How do transformers learn to reason across multiple steps?
Does multi-hop reasoning in transformers emerge through distinct learning phases, and what geometric patterns in hidden representations explain when reasoning succeeds or fails?
Training transformers from scratch in a controlled symbolic environment reveals that implicit multi-hop reasoning — answering compositional queries without verbalizing intermediate steps — emerges through three distinct developmental stages:
Phase I: Memorization. The model fits training data (atomic facts and 2-hop compositions) quickly. Generalization to unseen queries remains minimal.

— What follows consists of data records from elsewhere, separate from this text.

/// The form that does what a mnemonic of another assembly language does, and a verb.
pub(crate) fn form_of(word: &str) -> Option<&'static str> {
    let name = without_width(word);
    for (names, form) in FORMS {
        if names.iter().any(|other| *other == name) {
            return Some(form);
        }
    }
    None
}

/// The name without the number of its bits.
fn without_width(word: &str) -> &str {
    for width in ["64", "32", "16", "8"] {
        if let Some(name) = word.strip_suffix(width) {
            return name;
        }
    }
    word
}

const FORMS: [(&[&str], &str); 18] = [
    (&["mov", "MOV", "li", "movl", "movq"], "r1 = r2 moves"),
    (&["add", "ADD", "addi", "inc"], "r1 += r2 adds"),
    (&["sub", "SUB", "dec"], "r1 -= r2 subtracts"),
    (&["mul", "MUL", "imul"], "r1 *= r2 multiplies"),
    (&["div", "DIV"], "r1 /= r2 divides"),
    (&["mod", "MOD", "rem"], "r1 %= r2 is the remainder"),
    (&["and", "AND"], "r1 &= r2 is the and of bits"),
    (&["or", "OR"], "r1 |= r2 is the or of bits"),
    (&["xor", "XOR"], "r1 ^= r2 is the exclusive or of bits"),
    (&["lsh", "LSH", "shl"], "r1 <<= r2 shifts to the left"),
    (&["rsh", "RSH", "shr"], "r1 >>= r2 shifts to the right"),
    (
        &["arsh", "ARSH", "sar"],
        "r1 s>>= r2 shifts a signed number to the right",
    ),
    (&["neg", "NEG"], "r1 = -r1 negates"),
    (
        &["ld", "ldx", "ldxw", "ldxh", "ldxb", "ldxdw", "load", "LDX"],
        "r1 = *(u64 *)(r2 + 0) loads",
    ),
    (
        &[
            "st", "stx", "stxw", "stxh", "stxb", "stxdw", "stw", "stdw", "store", "STX",
        ],
        "*(u64 *)(r1 + 0) = r2 stores",
    ),
    (&["lddw", "LDDW", "ld_imm"], "r1 = 5 ll loads 64 bits"),
    (&["ja", "jmp", "JA", "b", "br", "jump"], "goto end jumps"),
    (
        &[
            "jeq", "jne", "jgt", "jge", "jlt", "jle", "jset", "jsgt", "jsge", "jslt", "jsle",
            "JEQ", "JNE",
        ],
        "if r1 == r2 goto end jumps",
    ),
];
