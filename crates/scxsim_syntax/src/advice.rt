use crate::items::item;
use crate::labels::{no_label, twice};
use crate::ranges::out_of_range;
use crate::scan::Scan;
use crate::spots::spots_of;
use crate::wrong::{Why, Wrong};
use scx_asm::AsmFault;
use scxsim_output::Text;
use std::alloc::Global;

/// A fault of a line.
#[derive(Drop)]
pub struct Advice {
    /// Where that is, in bytes from the line's begin.
    pub at: usize,
    /// The fault, and what to write instead.
    pub words: String,
}

/// The fault of the line of that number, from 1, for which `assemble` refuses a text. None if that isn't known, or
/// memory ran out.
pub fn advice_on(alloc: Global, text: &str, fault: AsmFault, number: usize) -> Option<Advice> {
    let line = text.lines().nth(number.checked_sub(1)?).unwrap_or("");
    let spots = spots_of(alloc, line)?;
    let wrong = wrong_in(alloc, Scan::of(line, &spots), fault, text, number);
    let advice = match wrong {
        Some(wrong) => advice_of(alloc, line, wrong),
        None => None,
    };
    drop(spots);
    advice
}

fn wrong_in<'a>(
    alloc: Global,
    scan: Scan<'_, 'a>,
    fault: AsmFault,
    text: &str,
    number: usize,
) -> Option<Wrong<'a>> {
    match fault {
        AsmFault::Syntax => Some(misfit(scan)),
        AsmFault::UnknownLabel => no_label(scan),
        AsmFault::TwiceLabel => twice(scan, text, number),
        AsmFault::OutOfRange => out_of_range(alloc, scan),
        AsmFault::TooLong => Some(scan.wrong(Why::Words("a program has at most 4096 slots"))),
    }
}

/// The first token that fits no form. A text without a faulty line has no instruction.
fn misfit<'a>(scan: Scan<'_, 'a>) -> Wrong<'a> {
    match item(scan) {
        Err(wrong) => wrong,
        Ok(()) => scan.wrong(Why::Words("the text has no instruction")),
    }
}

fn advice_of(alloc: Global, line: &str, wrong: Wrong<'_>) -> Option<Advice> {
    let mut words = Text::new(alloc);
    wrong.why.push(line, wrong.at, &mut words);
    Some(Advice {
        at: wrong.at,
        words: words.finish().ok()?,
    })
}
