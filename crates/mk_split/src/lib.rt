//! A mailbox split into files, one for each message, over any devices.
//!
//! ```
//! let names = Template::read(b"mail-%03d.eml").expect(&rt, "a template");
//! let name = names.name(alloc, 7)?;
//! assert_eq!(rt; name.as_slice(), b"mail-007.eml".as_slice());
//! ```
//!
//! The example is run by `files_are_named_by_a_template` in `mk_tool/src/tests/split.rt`.
//!
//! Tests: `mk_tool/src/tests/split.rt`.
#![tactic(auto)]

mod splitting;
mod template;
mod texts;

pub use splitting::{SplitOptions, try_split};
pub use template::Template;
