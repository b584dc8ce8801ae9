//! How the files of messages are named: by a template with a place for the number.

ghost use Rattle.std.specs.Prelude.{◌≡◌, ◌++◌, option_map, replicate, OnOk};
ghost use Rattle.std.specs.List.{list_all};
ghost use Rattle.mk_split.specs.Templates.{is_template_byte as may_name, is_naming as gives_names, leads_well as leads, width_of as width_written, zero_digit};

use mk_script::parted;
use std::alloc::{AllocError, Global};
use std::marker::Model;

/// What stands before the place of the number.
const PERCENT: u8 = b'%';

const ZERO: u8 = b'0';

const NINE: u8 = b'9';

const FULL_STOP: u8 = b'.';

const HYPHEN: u8 = b'-';

const SLASH: u8 = b'/';

const BACKSLASH: u8 = b'\\';

const SPACE: u8 = b' ';

/// The last visible character of ASCII.
const TILDE: u8 = b'~';

/// A template for the names of files: `%d` stands for the number of a message, and `%0Nd` for the number with zeros before it, up to
/// N digits, from 1 to 9.
#[derive(Debug, Drop)]
pub struct Template<'a> {
    front: &'a [u8],
    width: usize,
    back: &'a [u8],
}

impl<'a> Model for Template<'a> {
    ghost use Rattle.std.specs.Prelude.{◌≡◌, true};
    ghost use Rattle.mk_split.specs.Templates.{Naming, is_naming};

    ghost Value = { Naming };

    ghost view = { λ t. record { front = t.front.now; width = t.width; back = t.back.now } };

    ghost invariant = { λ t. is_naming (record { front = t.front.now; width = t.width; back = t.back.now }) ≡ true };
}

impl<'a> Template<'a> {
    ghost use Rattle.std.specs.Prelude.{◌≡◌, true, IfOk};
    ghost use Rattle.mk_view.specs.GivenNames.{is_safe};
    ghost use Rattle.mk_split.specs.Templates.{template_name, template_of};

    /// Reads a template. `None` where a text has no place for the number, or more than one percent sign, or else a byte that can't
    /// stand in such a name: there are only visible ASCII and spaces, and no slash or backslash, and the name can't begin with a full
    /// stop or a hyphen.
    pub fn read(text: &'a [u8]) -> Option<Template<'a>>
        ensures { result ≡ template_of text.now }
    {
        let (front, rest) = parted(text, PERCENT)?;
        let (width, back) = width_of(rest)?;
        if is_naming(front, width, back) {
            Some(Template { front, width, back })
        } else {
            None
        }
    }

    /// The name of the file of a number. It leads to nothing outside a folder.
    pub fn name(&self, alloc: Global, number: u64) -> Result<Vec<u8>, AllocError>
        ensures named { IfOk result (λ name. name.items ≡ template_name self.now number) }
        ensures safe { IfOk result (λ name. is_safe name.items ≡ true) }
    {
        let digits = format!(in alloc; "{number}")?;
        let mut name = Vec::from_slice(alloc, self.front)?;
        push_zeros(&mut name, self.width.saturating_sub(digits.len()))?;
        name.extend_from_slice(digits.as_bytes())?;
        name.extend_from_slice(self.back)?;
        Ok(name)
    }
}

// Writes so many zeros after a text.
fn push_zeros(text: &mut Vec<u8>, count: usize) -> Result<(), AllocError>
    ensures { OnOk result (text.new.items ≡ text.old.items ++ replicate count zero_digit) }
{
    for _zero in 0..count {
        text.push(ZERO)?;
    }
    Ok(())
}

// The width that stands after a percent sign, and what follows it.
fn width_of(rest: &[u8]) -> Option<(usize, &[u8])>
    ensures { option_map (λ w. (w.0, w.1.now)) result ≡ width_written rest.now }
{
    match rest {
        [b'd', back @ ..] => Some((0, back)),
        [b'0', digit, b'd', back @ ..] if *digit > ZERO && *digit <= NINE => {
            Some((usize::from(*digit - ZERO), back))
        }
        _ => None,
    }
}

// Whether a template gives names of files.
fn is_naming(front: &[u8], width: usize, back: &[u8]) -> bool
    ensures { result ≡ gives_names (record { front = front.now; width = width; back = back.now }) }
{
    leads_well(front) && are_name_bytes(front) && are_name_bytes(back)
}

fn are_name_bytes(text: &[u8]) -> bool
    ensures { result ≡ list_all may_name text.now }
{
    for byte in text {
        if !is_name_byte(*byte) {
            return false;
        }
    }
    true
}

fn leads_well(front: &[u8]) -> bool
    ensures { result ≡ leads front.now }
{
    match front {
        [byte, ..] => *byte != FULL_STOP && *byte != HYPHEN,
        [] => true,
    }
}

fn is_name_byte(byte: u8) -> bool
    ensures { result ≡ may_name byte }
{
    byte >= SPACE && byte <= TILDE && !(byte == SLASH || byte == BACKSLASH || byte == PERCENT)
}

Phase II: In-Distribution Generalization. After memorization saturates, the model begins generalizing to unseen ID-ID compositions — a shift from memorization to compositional reasoning within the training distribution. This resembles grokking: generalization emerges well after memorization converges.
Phase III: Cross-Distribution Reasoning. The model learns to compose OOD triples in the first hop with ID triples in the second. This transition is slower than Phase II. Crucially, generalization fails consistently when the SECOND hop is from OOD triples, revealing a stronger bottleneck in the second relational step.
Two mechanistic findings deepen the picture:
Cosine clustering as signature. Successful reasoning correlates with consistent clustering of intermediate entity representations within cosine similarity space. Models that reason well show intermediate representations that cluster by entity identity across diverse queries. This clustering provides a geometric explanation for when reasoning works and when it fails.
Query-level exposure is required. Second-hop generalization fails unless the model encounters the exact compositional structure during training. Single-hop knowledge does not automatically compose into multi-hop capability — a finding that helps explain why Do language models actually use their encoded knowledge?: encoding facts individually doesn't guarantee they compose.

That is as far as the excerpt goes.